Stored items
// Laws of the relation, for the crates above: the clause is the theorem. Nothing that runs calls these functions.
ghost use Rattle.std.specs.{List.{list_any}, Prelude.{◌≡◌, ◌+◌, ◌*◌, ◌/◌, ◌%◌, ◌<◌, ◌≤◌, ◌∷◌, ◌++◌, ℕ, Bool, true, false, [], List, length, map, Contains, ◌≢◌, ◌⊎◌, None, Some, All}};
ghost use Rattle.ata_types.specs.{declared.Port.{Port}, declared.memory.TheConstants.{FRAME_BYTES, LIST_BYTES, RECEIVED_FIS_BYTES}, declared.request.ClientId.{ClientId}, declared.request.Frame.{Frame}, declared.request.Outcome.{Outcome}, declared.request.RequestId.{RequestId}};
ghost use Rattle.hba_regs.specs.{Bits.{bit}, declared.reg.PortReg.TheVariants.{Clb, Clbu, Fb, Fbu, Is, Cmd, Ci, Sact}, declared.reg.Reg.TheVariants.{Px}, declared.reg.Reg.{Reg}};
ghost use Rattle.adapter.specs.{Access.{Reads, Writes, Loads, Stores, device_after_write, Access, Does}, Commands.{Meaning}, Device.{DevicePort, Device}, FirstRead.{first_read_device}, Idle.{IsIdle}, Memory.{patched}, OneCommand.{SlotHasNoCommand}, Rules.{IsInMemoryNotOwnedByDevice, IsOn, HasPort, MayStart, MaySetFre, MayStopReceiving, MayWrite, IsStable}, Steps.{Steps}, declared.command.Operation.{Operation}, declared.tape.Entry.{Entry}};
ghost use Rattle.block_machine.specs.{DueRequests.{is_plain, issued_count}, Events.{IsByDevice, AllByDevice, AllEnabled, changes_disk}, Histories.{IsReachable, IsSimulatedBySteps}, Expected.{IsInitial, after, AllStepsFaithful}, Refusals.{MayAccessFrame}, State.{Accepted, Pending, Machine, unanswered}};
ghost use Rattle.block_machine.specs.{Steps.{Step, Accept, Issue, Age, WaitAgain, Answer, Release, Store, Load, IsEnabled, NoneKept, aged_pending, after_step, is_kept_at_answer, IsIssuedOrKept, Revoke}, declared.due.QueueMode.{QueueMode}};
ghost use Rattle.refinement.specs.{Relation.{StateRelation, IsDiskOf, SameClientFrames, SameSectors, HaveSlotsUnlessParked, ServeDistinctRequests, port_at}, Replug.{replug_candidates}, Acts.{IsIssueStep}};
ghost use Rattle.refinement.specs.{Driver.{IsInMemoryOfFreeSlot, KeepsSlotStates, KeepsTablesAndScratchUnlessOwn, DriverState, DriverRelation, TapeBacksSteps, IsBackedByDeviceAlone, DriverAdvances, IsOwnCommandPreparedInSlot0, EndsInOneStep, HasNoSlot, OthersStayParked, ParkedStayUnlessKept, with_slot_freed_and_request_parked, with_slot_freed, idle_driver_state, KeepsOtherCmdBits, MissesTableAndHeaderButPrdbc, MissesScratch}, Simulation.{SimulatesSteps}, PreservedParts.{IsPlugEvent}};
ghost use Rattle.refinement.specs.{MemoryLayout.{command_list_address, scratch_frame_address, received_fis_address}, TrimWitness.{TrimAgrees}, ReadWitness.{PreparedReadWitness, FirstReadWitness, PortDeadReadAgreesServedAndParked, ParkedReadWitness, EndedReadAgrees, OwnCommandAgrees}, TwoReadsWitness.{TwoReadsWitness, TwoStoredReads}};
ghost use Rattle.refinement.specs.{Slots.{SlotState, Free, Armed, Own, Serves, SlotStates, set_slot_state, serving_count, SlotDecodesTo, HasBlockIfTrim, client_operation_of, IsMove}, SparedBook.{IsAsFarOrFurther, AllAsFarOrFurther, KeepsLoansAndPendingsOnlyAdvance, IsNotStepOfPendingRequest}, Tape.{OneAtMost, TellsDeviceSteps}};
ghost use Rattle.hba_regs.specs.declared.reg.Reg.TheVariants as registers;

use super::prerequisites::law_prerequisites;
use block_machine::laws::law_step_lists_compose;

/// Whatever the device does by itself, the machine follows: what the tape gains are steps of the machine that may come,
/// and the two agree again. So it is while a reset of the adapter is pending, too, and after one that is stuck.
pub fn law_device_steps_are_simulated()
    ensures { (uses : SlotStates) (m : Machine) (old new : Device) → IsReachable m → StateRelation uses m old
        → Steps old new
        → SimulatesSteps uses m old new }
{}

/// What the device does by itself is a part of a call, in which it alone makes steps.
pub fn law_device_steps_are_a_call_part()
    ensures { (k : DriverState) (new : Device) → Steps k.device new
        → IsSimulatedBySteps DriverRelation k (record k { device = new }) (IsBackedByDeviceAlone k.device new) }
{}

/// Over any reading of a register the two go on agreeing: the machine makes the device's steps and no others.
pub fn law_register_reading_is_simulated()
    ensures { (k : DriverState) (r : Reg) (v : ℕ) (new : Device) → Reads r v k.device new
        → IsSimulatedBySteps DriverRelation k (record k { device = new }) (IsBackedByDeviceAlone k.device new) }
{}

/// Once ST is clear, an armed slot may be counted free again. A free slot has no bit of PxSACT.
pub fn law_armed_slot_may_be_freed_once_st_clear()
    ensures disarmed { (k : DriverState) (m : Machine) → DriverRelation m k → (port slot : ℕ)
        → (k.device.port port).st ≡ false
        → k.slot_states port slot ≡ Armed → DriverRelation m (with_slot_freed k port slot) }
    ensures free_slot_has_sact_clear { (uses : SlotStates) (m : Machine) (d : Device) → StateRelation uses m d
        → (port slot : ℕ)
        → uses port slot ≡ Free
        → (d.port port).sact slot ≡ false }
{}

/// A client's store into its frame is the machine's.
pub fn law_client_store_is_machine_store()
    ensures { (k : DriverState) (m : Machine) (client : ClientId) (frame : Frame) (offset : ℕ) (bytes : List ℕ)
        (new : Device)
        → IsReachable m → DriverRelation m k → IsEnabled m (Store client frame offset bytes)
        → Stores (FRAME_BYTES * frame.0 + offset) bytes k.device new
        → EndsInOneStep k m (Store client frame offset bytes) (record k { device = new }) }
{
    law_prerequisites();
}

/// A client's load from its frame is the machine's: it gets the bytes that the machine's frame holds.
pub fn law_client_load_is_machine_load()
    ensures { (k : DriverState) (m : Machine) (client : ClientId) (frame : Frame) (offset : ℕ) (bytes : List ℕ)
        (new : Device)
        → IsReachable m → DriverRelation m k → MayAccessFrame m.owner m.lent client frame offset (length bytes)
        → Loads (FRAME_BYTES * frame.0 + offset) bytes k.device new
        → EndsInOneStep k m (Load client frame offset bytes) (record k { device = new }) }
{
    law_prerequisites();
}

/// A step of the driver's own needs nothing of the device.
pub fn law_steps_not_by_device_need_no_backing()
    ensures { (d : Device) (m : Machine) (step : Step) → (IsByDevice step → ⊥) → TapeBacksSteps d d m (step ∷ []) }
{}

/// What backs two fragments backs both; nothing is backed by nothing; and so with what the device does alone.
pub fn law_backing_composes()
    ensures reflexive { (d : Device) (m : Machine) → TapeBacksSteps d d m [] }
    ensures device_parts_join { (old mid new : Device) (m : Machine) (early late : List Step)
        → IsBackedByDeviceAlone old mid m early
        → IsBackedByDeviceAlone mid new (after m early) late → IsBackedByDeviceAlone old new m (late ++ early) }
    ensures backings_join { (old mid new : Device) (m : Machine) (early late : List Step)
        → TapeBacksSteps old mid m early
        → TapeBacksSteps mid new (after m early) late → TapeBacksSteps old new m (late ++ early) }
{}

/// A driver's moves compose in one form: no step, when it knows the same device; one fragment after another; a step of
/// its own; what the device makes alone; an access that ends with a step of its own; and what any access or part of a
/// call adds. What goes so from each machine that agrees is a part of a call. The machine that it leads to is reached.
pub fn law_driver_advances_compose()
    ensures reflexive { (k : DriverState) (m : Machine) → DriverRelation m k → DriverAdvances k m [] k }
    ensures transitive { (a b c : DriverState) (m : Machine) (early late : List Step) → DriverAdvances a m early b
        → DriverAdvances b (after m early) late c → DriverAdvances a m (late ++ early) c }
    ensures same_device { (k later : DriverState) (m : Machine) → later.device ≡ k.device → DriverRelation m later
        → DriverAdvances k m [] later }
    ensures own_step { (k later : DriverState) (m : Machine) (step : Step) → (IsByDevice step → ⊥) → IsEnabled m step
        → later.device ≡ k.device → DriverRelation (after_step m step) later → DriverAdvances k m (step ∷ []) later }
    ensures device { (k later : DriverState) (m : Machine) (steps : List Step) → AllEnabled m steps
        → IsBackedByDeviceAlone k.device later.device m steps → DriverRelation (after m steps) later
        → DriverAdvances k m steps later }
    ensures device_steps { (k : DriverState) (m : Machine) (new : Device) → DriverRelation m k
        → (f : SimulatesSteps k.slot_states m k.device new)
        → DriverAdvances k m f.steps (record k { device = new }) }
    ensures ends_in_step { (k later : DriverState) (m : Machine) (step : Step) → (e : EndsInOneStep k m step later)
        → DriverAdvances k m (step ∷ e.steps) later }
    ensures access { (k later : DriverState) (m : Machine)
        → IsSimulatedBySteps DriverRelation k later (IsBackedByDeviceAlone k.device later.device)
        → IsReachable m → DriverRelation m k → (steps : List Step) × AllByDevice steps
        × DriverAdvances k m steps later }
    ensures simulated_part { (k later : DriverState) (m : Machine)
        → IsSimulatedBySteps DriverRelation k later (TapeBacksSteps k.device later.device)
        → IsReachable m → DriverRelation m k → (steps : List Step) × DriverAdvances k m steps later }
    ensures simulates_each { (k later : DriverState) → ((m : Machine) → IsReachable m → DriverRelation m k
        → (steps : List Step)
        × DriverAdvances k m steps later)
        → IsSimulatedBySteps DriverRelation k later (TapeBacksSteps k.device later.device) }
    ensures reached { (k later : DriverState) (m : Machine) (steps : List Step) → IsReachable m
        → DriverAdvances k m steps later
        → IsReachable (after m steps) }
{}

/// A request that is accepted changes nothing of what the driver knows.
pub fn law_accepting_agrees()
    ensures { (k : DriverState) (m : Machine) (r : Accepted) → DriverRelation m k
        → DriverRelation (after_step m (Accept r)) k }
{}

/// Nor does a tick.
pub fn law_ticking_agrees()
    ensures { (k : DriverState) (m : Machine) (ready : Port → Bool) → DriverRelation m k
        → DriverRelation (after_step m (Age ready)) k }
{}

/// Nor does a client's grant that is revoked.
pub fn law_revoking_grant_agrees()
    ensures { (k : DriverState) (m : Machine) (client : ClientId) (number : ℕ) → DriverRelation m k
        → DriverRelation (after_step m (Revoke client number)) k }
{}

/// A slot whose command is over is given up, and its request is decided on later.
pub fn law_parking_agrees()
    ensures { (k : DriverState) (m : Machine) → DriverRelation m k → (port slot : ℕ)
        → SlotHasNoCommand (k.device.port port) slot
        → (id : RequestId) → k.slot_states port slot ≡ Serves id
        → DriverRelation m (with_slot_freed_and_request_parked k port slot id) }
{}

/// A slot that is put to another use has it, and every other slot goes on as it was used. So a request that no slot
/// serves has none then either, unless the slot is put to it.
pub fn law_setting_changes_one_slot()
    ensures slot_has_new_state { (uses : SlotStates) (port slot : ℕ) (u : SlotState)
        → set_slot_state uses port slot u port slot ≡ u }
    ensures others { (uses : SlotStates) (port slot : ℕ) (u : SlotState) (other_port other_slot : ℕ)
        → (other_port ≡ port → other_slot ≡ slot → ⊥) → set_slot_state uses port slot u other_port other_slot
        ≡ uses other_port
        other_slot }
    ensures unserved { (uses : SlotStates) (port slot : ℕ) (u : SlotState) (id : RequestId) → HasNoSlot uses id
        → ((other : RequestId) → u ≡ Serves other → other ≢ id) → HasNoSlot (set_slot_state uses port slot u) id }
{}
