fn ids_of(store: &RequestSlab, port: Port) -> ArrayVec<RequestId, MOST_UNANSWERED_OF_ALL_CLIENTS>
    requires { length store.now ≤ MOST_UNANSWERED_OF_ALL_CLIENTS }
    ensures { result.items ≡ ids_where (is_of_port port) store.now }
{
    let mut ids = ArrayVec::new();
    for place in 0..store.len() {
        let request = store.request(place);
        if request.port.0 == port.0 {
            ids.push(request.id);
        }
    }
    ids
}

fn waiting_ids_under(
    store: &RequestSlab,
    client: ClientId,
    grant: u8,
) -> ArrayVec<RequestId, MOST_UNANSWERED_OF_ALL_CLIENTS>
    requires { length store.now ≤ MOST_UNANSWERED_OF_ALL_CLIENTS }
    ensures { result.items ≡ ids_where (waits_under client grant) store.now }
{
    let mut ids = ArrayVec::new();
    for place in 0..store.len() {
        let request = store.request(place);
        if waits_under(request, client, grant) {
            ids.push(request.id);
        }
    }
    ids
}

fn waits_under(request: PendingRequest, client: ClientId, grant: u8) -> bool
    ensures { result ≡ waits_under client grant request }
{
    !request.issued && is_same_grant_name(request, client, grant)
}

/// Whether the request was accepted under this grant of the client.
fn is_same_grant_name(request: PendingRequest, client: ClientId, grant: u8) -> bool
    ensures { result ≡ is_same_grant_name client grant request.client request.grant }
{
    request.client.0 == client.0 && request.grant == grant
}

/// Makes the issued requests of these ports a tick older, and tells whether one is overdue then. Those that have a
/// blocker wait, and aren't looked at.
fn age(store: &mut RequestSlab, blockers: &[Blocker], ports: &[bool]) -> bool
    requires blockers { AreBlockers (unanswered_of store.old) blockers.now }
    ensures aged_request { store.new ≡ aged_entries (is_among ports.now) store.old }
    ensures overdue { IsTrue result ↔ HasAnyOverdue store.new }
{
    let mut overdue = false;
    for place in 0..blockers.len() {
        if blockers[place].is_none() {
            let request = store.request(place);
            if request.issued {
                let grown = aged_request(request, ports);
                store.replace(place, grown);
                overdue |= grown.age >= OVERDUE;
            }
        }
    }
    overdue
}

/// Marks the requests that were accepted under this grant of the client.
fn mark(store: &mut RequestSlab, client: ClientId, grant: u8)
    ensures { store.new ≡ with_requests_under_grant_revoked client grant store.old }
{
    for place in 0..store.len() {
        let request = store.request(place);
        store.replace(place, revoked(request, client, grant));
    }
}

*WORK REQUIRED*. Tally the lines above containing "knows". Number only.

*RESULT OF THIS TASK*. 2